4. The method of claim 3, wherein determining the similarity between the content image and the converted image according to the covariance distance between the content image and the converted image in each color channel comprises:

and taking the maximum covariance distance between the content image and the conversion image as the similarity of the content image and the conversion image.

5. The method according to claim 1, wherein the collecting the converted images with similarity satisfying a preset condition as a target image comprises:

for each conversion image, if the similarity between the conversion image and the content image is greater than a preset similarity threshold, taking the conversion image as the target image, and adding the target image to the target image set; alternatively, the first and second electrodes may be,

and arranging each conversion image in the conversion image set in a descending order according to the corresponding similarity, taking the specified number of conversion images with the top arrangement order as the target images, and adding the target images to the target image set.

6. The method according to claim 2, wherein the determining a conversion effect type of each target image based on the target image set through a pre-trained recognition model and using the target image with the conversion effect type of a specified type as a result image comprises:

for each target image, inputting the target image into the recognition model to obtain a conversion effect type of the target image output by the recognition model, where the conversion effect type includes: a high quality type and a low quality type;

and if the conversion effect type of the target image is a high-quality type, taking the target image as the result image.

7. The method of claim 1, wherein generating a set of transformed images from the captured content image and a predetermined plurality of stylistic images comprises:

inputting the content images and the style images into a coding layer in a conversion model trained in advance aiming at each style image so as to obtain the content image characteristics corresponding to the content images and the style image characteristics corresponding to the style images;

inputting the content image characteristics and the style image characteristics into a conversion layer in a conversion model to obtain conversion image characteristics;

inputting the feature of the converted image into a decoding layer in the conversion model to obtain the converted image corresponding to the style image.
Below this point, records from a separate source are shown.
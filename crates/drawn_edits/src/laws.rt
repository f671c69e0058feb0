//! Theorems about the definitions alone, each as the contract of a function that does nothing.

ghost use Rattle.std.specs.Prelude.{ℕ, List};
ghost use Rattle.std.specs.Str.{IsUtf8};
ghost use Rattle.drawn_edits.specs.EditedLines.{Edit, new_lines, old_lines, parts};
ghost use Rattle.drawn_edits.specs.ShownLines.{AreLines};

/// States which lines the rows of edits show, of a text that is the source from a line on: the old
/// ones are the lines of the text up to that in which the last edit ends, and the new ones are the
/// lines of the text with the edits applied, up to the same. Does nothing.
pub fn lines()
    ensures { (at : ℕ) (es : List Edit) (text : List ℕ) → IsUtf8 text
        → AreLines at es text (old_lines (parts at es text)) (new_lines (parts at es text)) }
{}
8. The method of claim 2, wherein the recognition model is trained by:

generating a sample conversion image set according to a sample image and a plurality of style images, wherein the sample conversion image set comprises a sample conversion image corresponding to each style image, and the sample conversion image conforms to the style of the corresponding style image and has the same content as the sample image;

and taking the sample conversion image set as the input of the recognition model, and taking the actual effect type corresponding to each sample conversion image as the output of the recognition model so as to train the recognition model.

9. An apparatus for generating an image, the apparatus comprising:

10. A computer-readable medium, on which a computer program is stored, characterized in that the program, when being executed by processing means, carries out the steps of the method of any one of claims 1 to 8.

11. An electronic device, comprising:

a storage device having a computer program stored thereon;

processing means for executing the computer program in the storage means to carry out the steps of the method according to any one of claims 1 to 8.